I remember waking up being excited. It felt different than all those other times I tried losing weight. I didn't know where it would lead though. All I know is that I was done. Done with being the person I knew wasn't me. I was tired of wearing all black & hoping to blend in. Tired of hiding and eating. Tired of doing everything for everyone else and nothing for myself. Just tired. I also held out hope that I could change.....and this day was it damn it. (Like I hadn't said that a million times before but I wanted to give it one honest try)
I had a sheet of paper with food from the Weight Watcher's Core list. This part was a little bit of an extreme but I totally cleaned out my pantry and fridge then I went grocery shopping. I wanted everything out of my house that I would be tempted with. Good-bye hidden Little Debbie cakes! (I had them literally hidden in places) Good-bye chips! Good-bye Blue Bell ice cream that I would eat out of the container! Helloooooo fruits and veggies! Yeah, it was a bit restricted at first but I'm a binge eater.....if it's in the house and I'm stressed then it's fair game. (Not saying that this needs to be done but I was/am an emotional binge eater.....that means I went straight for the junk and the hidden Little Debbies)
I sat down and talked to my husband. Explained how I felt and the plan I thought about. Luckily he supports me with anything I want to do and he also wanted to eat healthy for himself.

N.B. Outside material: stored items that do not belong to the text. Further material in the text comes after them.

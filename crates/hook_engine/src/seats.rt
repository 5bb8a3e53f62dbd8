//! How passes are split, joined, and meet the desk's seats.

ghost use Rattle.std.specs.Prelude.{◌≡◌, ◌≤◌, ℕ, [], length};
ghost use Rattle.acct_base.specs.Sums.{added};
ghost use Rattle.total_rows.specs.Seats.{known, greater};
ghost use Rattle.hook_engine.specs.Passes.{Split, Joined, Met, MetApps};
ghost use Rattle.hook_engine.specs.Tables.{knows};

use crate::engine::Engine;
use crate::pass::Pass;
use grace_rows::CollectSeat;
use reg_words::Writer;
use total_rows::TotalSeat;

impl Engine {
    /// A new pass with `n` of the pass's calls, none made, that knows all that the pass knows. It takes no memory
    /// and waits for nobody.
    pub fn split(&self, pass: &mut Pass, n: u64) -> Pass
        requires from { pass.old.tables ≡ self.now.tables }
        requires calls { n ≤ pass.old.has.left }
        ensures split { Split n pass.old.has pass.new.has result.has }
        ensures first { pass.new ≡ record pass.old { has = pass.new.has } }
        ensures other { result ≡ record { tables = self.now.tables; has = result.has; loads = 0; loaded = 0; notes = result.notes } }
        ensures knows { (uid : ℕ) → knows result uid ≡ knows pass.old uid }
    {
        let reader = self.regs.split(&mut pass.reader);
        let hook = self.paired.split(&mut pass.hook, n);
        let apps = self.apps.split(&mut pass.apps, n);
        let ifaces = self.ifaces.split(&mut pass.ifaces, n);
        pass.left -= n;
        Pass {
            reader,
            hook,
            apps,
            ifaces,
            left: n,
            made: 0,
        }
    }

    /// Takes another pass in: its calls, its lists, and what it knows. It takes no memory and waits for nobody.
    pub fn join(&self, pass: &mut Pass, other: Pass)
        requires from { pass.old.tables ≡ self.now.tables }
        requires other { other.tables ≡ self.now.tables }
        ensures from { pass.new.tables ≡ pass.old.tables }
        ensures joined { Joined pass.old.has other.has pass.new.has }
        ensures loads { (pass.new.loads ≡ pass.old.loads) × (pass.new.loaded ≡ pass.old.loaded) }
        ensures knows { (uid : ℕ) → knows pass.new uid ≡ greater (greater (knows pass.old uid) (knows other uid)) (added pass.new.has.apps uid) }
    {
        let Pass {
            reader,
            hook,
            apps,
            ifaces,
            left,
            made,
        } = other;
        self.regs.join(&mut pass.reader, reader);
        self.paired.join(&mut pass.hook, hook);
        self.apps.join(&mut pass.apps, apps);
        self.ifaces.join(&mut pass.ifaces, ifaces);
        pass.left += left;
        pass.made += made;
    }

    /// The pass learns the writer's whole journal and the collector's phase. All writes have to be published. It
    /// takes no memory and waits for nobody.
    pub fn meet(&self, pass: &mut Pass, writer: &mut Writer, collect: &mut CollectSeat)
        requires from { pass.old.tables ≡ self.now.tables }
        requires seats { (writer.old.origin ≡ self.now.tables.regs) × (collect.old.table ≡ self.now.tables.maps) }
        requires published { writer.old.front ≡ length writer.old.journal }
        ensures met { Met writer.old.journal collect.old.phase pass.old.has pass.new.has }
        ensures same { pass.new ≡ record pass.old { has = pass.new.has } }
        ensures writer { writer.new ≡ writer.old }
        ensures collector { collect.new ≡ collect.old }
    {
        self.regs.meet(&mut pass.reader, writer);
        self.paired.meet(&mut pass.hook, collect);
    }

    /// The pass and a seat of the app totals tell each other what they know: of each uid both know the greater
    /// of the two amounts afterwards. It takes no memory and waits for nobody.
    pub fn meet_apps(&self, pass: &mut Pass, apps: &mut TotalSeat)
        requires from { pass.old.tables ≡ self.now.tables }
        requires apps { apps.old.table ≡ self.now.tables.apps }
        ensures met { MetApps self.now.sizes.calls pass.old.has (known apps.old) (known apps.new) }
        ensures pass { pass.new ≡ record pass.old { notes = pass.new.notes } }
        ensures seat { apps.new ≡ record apps.old { notes = apps.new.notes } }
        ensures both { (uid : ℕ) → (knows pass.new uid ≡ greater (knows pass.old uid) (known apps.old uid)) × (known apps.new uid ≡ greater (knows pass.old uid) (known apps.old uid)) }
    {
        let note = self.apps.split(&mut pass.apps, 0);
        self.apps.join(apps, note);
        let back = self.apps.split(apps, 0);
        self.apps.join(&mut pass.apps, back);
    }
}
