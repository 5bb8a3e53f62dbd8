//! What a call reads of the registers, and what it decides by that.

ghost use Rattle.std.specs.Prelude.{◌≡◌, ◌∷◌, [], is_some, IfSome};
ghost use Rattle.acct_base.specs.Ranges.{IsHookInRange};
ghost use Rattle.acct_base.specs.Receipts.{hook_call, keyed_read, value_read, reads_of, owner_reads, ObeysAllow, ObeysDeny};
ghost use Rattle.acct_base.specs.Registers.{IsValueOf};
ghost use Rattle.hook_engine.specs.Steps.{DidRead, Looked};

use acct_base::{
    HookIn, Key, ListReceipt, Receipt, Seen, Uid, is_allowed_unseen, is_clat, is_counted,
    label_read, rule_read, tag_read, true_reads_last,
};
use heads::Head;
use owner_match::{allow_list, deny_list, looks_up, match_read, settle_read};
use reg_words::{Reader, Regs};

// A read of a key.
#[inline(always)]
fn read(regs: &Regs, reader: &mut Reader, key: Key) -> Seen
    requires from { reader.old.origin ≡ regs.now }
    ensures did { DidRead reader.old reader.new ((key, result) ∷ []) }
    ensures value { IfSome result.value (IsValueOf key) }
{
    regs.read(reader, key)
}

// A read of a key, where it is made.
#[inline(always)]
fn read_if(regs: &Regs, reader: &mut Reader, made: bool, key: Key) -> Option<Seen>
    requires from { reader.old.origin ≡ regs.now }
    ensures did { DidRead reader.old reader.new (keyed_read key result) }
    ensures made { is_some result ≡ made }
    ensures value { IfSome (value_read result) (IsValueOf key) }
{
    if made {
        Some(read(regs, reader, key))
    } else {
        None
    }
}

/// A hook's receipt before its charges are made: its reads, its verdict, and the label where the packet is
/// counted.
#[inline(always)]
pub(crate) fn look(regs: &Regs, reader: &mut Reader, call: &HookIn<'_>, front: u32) -> Receipt
    requires from { reader.old.origin ≡ regs.now }
    requires range { IsHookInRange (hook_call call.now) }
    ensures did { DidRead reader.old reader.new (reads_of (hook_call call.now) result) }
    ensures looked { Looked (hook_call call.now) front result }
{
    let tag_seen = read(regs, reader, Key::Cookie(call.cookie));
    let entry = tag_read(tag_seen, call.sock_uid);
    let clat = is_clat(call.sock_uid, entry.uid);
    let skip = Head::of(call.family, call.head).skips();
    let looked = !clat && looks_up(skip, call.sock_uid);
    let rules_seen = read_if(regs, reader, looked, Key::Enabled);
    let owner_seen = read_if(regs, reader, looked, Key::Owner(call.sock_uid));
    let matched = match_read(skip, call, rules_seen, owner_seen);
    let settled = settle_read(clat, matched, call.sock_uid, entry);
    let counted = is_counted(clat, call.dir, settled.verdict);
    let set_seen = read_if(regs, reader, counted, Key::Set(settled.uid));
    let label = label_read(settled, entry.tag, set_seen, call.iface);
    // What was read stays true while the reader learns more writes.
    true_reads_last();
    Receipt {
        front,
        tag_read: tag_seen,
        rules_read: rules_seen,
        owner_read: owner_seen,
        set_read: set_seen,
        phase: None,
        label: if counted { Some(label) } else { None },
        verdict: settled.verdict,
        landed_tag: None,
        landed_plain: None,
        landed_app: None,
    }
}

/// The allow list's receipt.
#[inline(always)]
pub(crate) fn look_allow(
    regs: &Regs,
    reader: &mut Reader,
    sock_uid: Uid,
    cookie: u64,
    received: bool,
    front: u32,
) -> ListReceipt
    requires from { reader.old.origin ≡ regs.now }
    ensures did { DidRead reader.old reader.new (owner_reads sock_uid result) }
    ensures obeys { ObeysAllow sock_uid cookie received result }
    ensures front { result.front ≡ front }
{
    let made = !is_allowed_unseen(sock_uid, cookie, received);
    let owner_read = read_if(regs, reader, made, Key::Owner(sock_uid));
    ListReceipt {
        front,
        owner_read,
        matched: allow_list(sock_uid, cookie, received, rule_read(owner_read)),
    }
}

/// The deny list's receipt.
#[inline(always)]
pub(crate) fn look_deny(regs: &Regs, reader: &mut Reader, sock_uid: Uid, front: u32) -> ListReceipt
    requires from { reader.old.origin ≡ regs.now }
    ensures did { DidRead reader.old reader.new (owner_reads sock_uid result) }
    ensures obeys { ObeysDeny result }
    ensures front { result.front ≡ front }
{
    let owner_read = read_if(regs, reader, true, Key::Owner(sock_uid));
    ListReceipt {
        front,
        owner_read,
        matched: deny_list(rule_read(owner_read)),
    }
}
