//! What a call charges and adds, once it is decided that its packet is counted.

ghost use Rattle.std.specs.Prelude.{◌≡◌, ◌+◌, ◌-◌, ◌<◌, ◌≤◌, ◌==◌, ◌∷◌, ◌++◌, [], not, is_some, None, Some};
ghost use Rattle.acct_base.specs.Landings.{is_row, add_lands, LandInTurn};
ghost use Rattle.acct_base.specs.Length.{IsChargeable};
ghost use Rattle.acct_base.specs.Ranges.{IsHookInRange};
ghost use Rattle.acct_base.specs.Receipts.{hook_call, is_landed};
ghost use Rattle.grace_rows.specs.Seats.{IsSole as HasAllCalls};
ghost use Rattle.total_rows.specs.Seats.{IsSole as HasAllAdds};
ghost use Rattle.hook_engine.specs.Steps.{IsJob, Looked, charged_to, row_charges, Charged, Counted};

use acct_base::{Dir, HookIn, Job, Label, Landed, Mark, Receipt, scaled};
use grace_rows::{Entry, HookSeat, Paired};
use total_rows::{TotalSeat, Totals};

/// How a packet's charges to rows fared, in the phase that it entered: to its label where that has a tag, and to
/// the label without its tag.
#[derive(Clone, Copy, Debug)]
pub struct RowMarks {
    pub phase: u32,
    pub tag: Option<Mark>,
    pub plain: Mark,
}

// The mark of where a charge or an add landed.
#[inline(always)]
fn mark_of(landed: Landed) -> Mark
    ensures { is_landed result ≡ is_row landed }
{
    match landed {
        Landed::Row(_) => Mark::Landed,
        Landed::Full => Mark::Full,
    }
}

// Charges a job to its label's row.
#[inline(always)]
fn charge(paired: &Paired, seat: &mut HookSeat, entry: &mut Entry, job: Job) -> Mark
    requires seat { (seat.old.table ≡ paired.now.table) × (seat.old.entry ≡ Some entry.old) }
    requires few { entry.old.charges < 2 }
    requires job { IsJob job }
    ensures entry { entry.new ≡ record { phase = entry.old.phase; charges = entry.old.charges + 1 } }
    ensures seat { seat.new ≡ record seat.old { entry = Some entry.new; charges = seat.old.charges ++ charged_to job entry.old.phase (Some result); steps = seat.new.steps; spots = seat.new.spots } }
    ensures in_turn { HasAllCalls paired.now seat.old → LandInTurn paired.now.rows seat.old.charges (charged_to job entry.old.phase (Some result)) }
{
    let landed = paired.charge(seat, entry, job.label, job.dir, job.packets, job.bytes);
    mark_of(landed)
}

// Charges a job to its label's row, where the label has a tag.
#[inline(always)]
fn charge_tagged(paired: &Paired, seat: &mut HookSeat, entry: &mut Entry, job: Job) -> Option<Mark>
    requires seat { (seat.old.table ≡ paired.now.table) × (seat.old.entry ≡ Some entry.old) }
    requires none { entry.old.charges ≡ 0 }
    requires job { IsJob job }
    ensures entry { (entry.new.phase ≡ entry.old.phase) × (entry.new.charges < 2) }
    ensures seat { seat.new ≡ record seat.old { entry = Some entry.new; charges = seat.old.charges ++ charged_to job entry.old.phase result; steps = seat.new.steps; spots = seat.new.spots } }
    ensures tagged { is_some result ≡ not (job.label.tag == 0) }
    ensures in_turn { HasAllCalls paired.now seat.old → LandInTurn paired.now.rows seat.old.charges (charged_to job entry.old.phase result) }
{
    if job.label.tag == 0 {
        None
    } else {
        Some(charge(paired, seat, entry, job))
    }
}

// Enters the phase that is live, charges a packet to its label, where that has a tag, and to the label without
// its tag, and leaves the phase.
#[inline(always)]
fn charge_rows(paired: &Paired, seat: &mut HookSeat, job: Job) -> RowMarks
    requires seat { (seat.old.table ≡ paired.now.table) × (seat.old.entry ≡ None) × (0 < seat.old.left) }
    requires job { IsJob job }
    ensures { Charged paired.now job seat.old seat.new result }
{
    let mut entry = paired.enter(seat);
    let phase = entry.phase();
    let tag = charge_tagged(paired, seat, &mut entry, job);
    let plain = charge(
        paired,
        seat,
        &mut entry,
        Job {
            label: Label {
                tag: 0,
                ..job.label
            },
            ..job
        },
    );
    paired.exit(seat, entry);
    RowMarks { phase, tag, plain }
}

/// Adds to a total, and says whether that landed.
#[inline(always)]
pub(crate) fn add(
    totals: &Totals,
    seat: &mut TotalSeat,
    key: u32,
    dir: Dir,
    packets: u64,
    bytes: u64,
) -> Mark
    requires seat { (seat.old.table ≡ totals.now.table) × (0 < seat.old.left) }
    requires key { key < 4294967295 }
    requires amounts { IsChargeable packets bytes }
    ensures seat { seat.new ≡ record seat.old { left = seat.old.left - 1; made = seat.old.made + 1; adds = seat.old.adds ++ record { key = key; dir = dir; packets = packets; bytes = bytes; landed = is_landed result } ∷ []; places = seat.new.places } }
    ensures in_turn { HasAllAdds totals.now seat.old → is_landed result ≡ add_lands totals.now.rows seat.old.adds key }
{
    let landed = totals.add(seat, key, dir, packets, bytes);
    mark_of(landed)
}

// Counts a packet under its label: in the rows of the phase that is live, and in its app's total.
#[inline(always)]
fn count_label(
    paired: &Paired,
    totals: &Totals,
    hook: &mut HookSeat,
    apps: &mut TotalSeat,
    call: &HookIn<'_>,
    looked: Receipt,
    label: Label,
) -> Receipt
    requires hook { (hook.old.table ≡ paired.now.table) × (hook.old.entry ≡ None) × (0 < hook.old.left) }
    requires apps { (apps.old.table ≡ totals.now.table) × (0 < apps.old.left) }
    requires range { IsHookInRange (hook_call call.now) }
    requires looked { Looked (hook_call call.now) looked.front looked }
    requires label { looked.label ≡ Some label }
    ensures { Counted paired.now totals.now (hook_call call.now) looked hook.old apps.old result hook.new apps.new }
{
    let (packets, bytes) = scaled(call.len, call.family);
    let job = Job {
        label,
        dir: call.dir,
        packets,
        bytes,
    };
    let rows = charge_rows(paired, hook, job);
    let app = add(totals, apps, label.uid, call.dir, packets, bytes);
    Receipt {
        phase: Some(rows.phase),
        landed_tag: rows.tag,
        landed_plain: Some(rows.plain),
        landed_app: Some(app),
        ..looked
    }
}

/// Counts a packet, where it is one to be counted, and completes its receipt.
#[inline(always)]
pub(crate) fn count(
    paired: &Paired,
    totals: &Totals,
    hook: &mut HookSeat,
    apps: &mut TotalSeat,
    call: &HookIn<'_>,
    looked: Receipt,
) -> Receipt
    requires hook { (hook.old.table ≡ paired.now.table) × (hook.old.entry ≡ None) × (0 < hook.old.left) }
    requires apps { (apps.old.table ≡ totals.now.table) × (0 < apps.old.left) }
    requires range { IsHookInRange (hook_call call.now) }
    requires looked { Looked (hook_call call.now) looked.front looked }
    ensures { Counted paired.now totals.now (hook_call call.now) looked hook.old apps.old result hook.new apps.new }
{
    match looked.label {
        None => looked,
        Some(label) => count_label(paired, totals, hook, apps, call, looked, label),
    }
}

Then I got a notebook and wrote about my feelings, some of my dreams and my frustrations. I wrote a lot in notebooks. It can be very therapeutic.
It doesn't seem like much and it isn't (or it might sound like a lot to you). But I kept this up, learned a lot about myself a long the way, and sometimes had to roll with no plan in place. I tweaked things, added in exercise about 6 months later, and worked on my emotional well-being everyday.
My advice for those wanting to start? Just do it when you are ready. It has to be something you want. Then just do what you can.